I’ll be the first to admit it: my eyes aren’t quite as sharp as they used to be. Sometimes I really struggle to read the small print on menus, boxes, and forms. Fortunately, there’s a handy accessibility tool on iPhone and iPad that can help out. Magnifier is a powerful utility that acts as a digital magnifying glass. Let’s take a look at this accessibility assistant from Apple.


Revealing the Magnifier App

If you look for the Magnifier app on your iPhone or iPad, you won’t find it. It’s an accessibility option and isn’t revealed until you enable it in Settings.

  1. Launch Settings
  2. Scroll down to Accessibility and tap it
  3. Under Vision, tap Magnifier, then tap the Magnifier button to enable the app (the button turns green)
Tap the button at the right of Magnifier to enable the app
Tap the button at the right of Magnifier to enable the app

Launching Magnifier

iPhone iOS Magnifier app icon

Now that you have unhidden the Magnifier app, you can launch it and start using it. As with most things Apple, there are several ways to do this:

  1. Find the Magnifier app (see app icon at right) and tap it
  2. Ask Siri to “Launch Magnifier”
  3. Triple-tap the power/sleep button

Note that the third option may display a dialog with a choice of accessibility options. For example, I have hearing aids so my iPhone asked if I wanted to access Hearing Devices or Magnifier (see screenshot below).

You may see more than one option for Accessibility Shortcuts
You may see more than one option for Accessibility Shortcuts

You can also add the Magnifier to Control Center, where it is displayed as a small magnifying glass icon with a plus sign ( + ) in it. To add it to Control Center:

  1. Launch Settings
  2. Scroll down to Control Center
  3. Find the control for Magnifier. It may be listed under “Included Controls” if it is already in Control Center. If not, look below under “More Controls” and tap Magnifier to add it to the controls.
The Magnifier in Control Center (highlighted in red box)
The Magnifier in Control Center (highlighted in red box)

Using Magnifier

Once Magnifier is launched, you see whatever the iPhone or iPad rear camera is looking at as well as a set of controls.

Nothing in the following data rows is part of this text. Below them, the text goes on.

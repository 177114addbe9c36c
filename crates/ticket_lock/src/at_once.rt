//! Arrivals at a ticket lock by one operation.

ghost use Rattle.std.specs.Prelude.{true, false, IfOk, IfErr};
ghost use Rattle.word_rule.specs.{Ticket.Steps.IsLook, Passes.state_of_hold};
ghost use Rattle.ticket_lock.specs.{Arrivals.AfterDraw, Passes.{IsPassOf, IsDrawnOf, IsHoldOf, state_of_drawn}};

use crate::at_once_rule::Arrive;
use crate::cell::TicketCell;
use crate::states::Drawn;
use event_log::SeqObject;
use word_rule::{Hold, Inside, Pass, TICKETS, next_ticket, served_ticket};

impl<O: SeqObject> TicketCell<O> {
    /// Takes the next ticket, and gets the object if that ticket is served: one fetch-and-add, which is a draw and a look. A caller
    /// that owns every number of the cell always gets it.
    pub fn arrive(&self, pass: Pass<O>) -> Result<Hold<O>, Drawn<O>>
        requires { IsPassOf self.now pass }
        ensures got { IfOk result (λ h. IsHoldOf self.now h × AfterDraw self.now pass (λ d. IsLook O.SeqObject d (state_of_hold h) true)) }
        ensures missed { IfErr result (λ d. IsDrawnOf self.now d × AfterDraw self.now pass (λ b. IsLook O.SeqObject b (state_of_drawn d) false)) }
    {
        let mut outside = pass.outside;
        let word = self
            .table
            .arrive_adding::<Arrive>(&mut outside.seat, 0, TICKETS);
        let ticket = next_ticket(word);
        if served_ticket(word) == ticket {
            let (logged, loan) = self.table.take(&mut outside.seat);
            let inside = Inside {
                outside,
                logged,
                loan,
            };
            Ok(Hold {
                inside,
                mark: ticket,
            })
        } else {
            Err(Drawn { outside, ticket })
        }
    }
}
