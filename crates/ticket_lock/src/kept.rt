//! A hold of a ticket lock whose object stays in its slot, for callers whose lock guards other data.

ghost use Rattle.event_log.proofs.Props.{legal_props};
ghost use Rattle.word_rule.specs.{declared.lock_kind.Stage.TheVariants.Ticket, declared.lock_kind.TicketStage.TheVariants.Served, Keeping.IsKeeping};

use event_log::SeqObject;
use word_rule::Outside;

/// A holder whose object is in its slot. It can't be dropped: it ends in `serve_kept`.
pub struct Kept<O: SeqObject> {
    pub(crate) outside: Outside<O>,
    pub(crate) ticket: u32,
    pub ghost keeps: { IsKeeping O.SeqObject outside.key.value outside.cpu.number (Ticket (Served ticket)) outside.seat.me } by { Prim.hlevel legal_props },
}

Let’s go through these controls (seen below) one by one:

Magnifier app controls

The slider with the yellow dot seen at the top of the screenshot is the zoom control. Sliding it right towards + increases magnification, sliding it back toward – decreases magnification.


The Middle Row of Controls

In the next row from left to right, we find:

Brightness: displays another slider that makes the image brighter or darker. When the slider is moved left or right, the brightness button turns yellow. To bring the brightness back to default (center), just tap on the center tick mark. Tap the button again to make the slider disappear.

Contrast: increases or decreases contrast with a slider. Less contrast reduces the difference between black and white, more contrast increases that difference. Most people find higher contrast text easier to read.

Filters available in the Magnifier app
Filters available in the Magnifier app

Filter: The next button displays an array of color filters that can be applied to the magnified image (see image aboveO. Various eye ailments can make it easier for someone to read text that is inverted (white letters on black background, for example) or another color. The available filters include:

  • No filter
  • Grayscale
  • Red on black
  • Yellow on black
  • Yellow on blue
  • White on blue
  • Inverted
  • Inverted grayscale
  • Black on red
  • Black on yellow
  • Blue on yellow
  • Blue on white

Flashlight: The flashlight button turns on the rear flash while magnifying an image, making it easier to read or see items in darkened rooms

People Detection: For those with really poor eyesight, it is useful to know when someone is nearby. People detection can be enabled in Magnifier to identify people in the vicinity and even tell you how far away they are.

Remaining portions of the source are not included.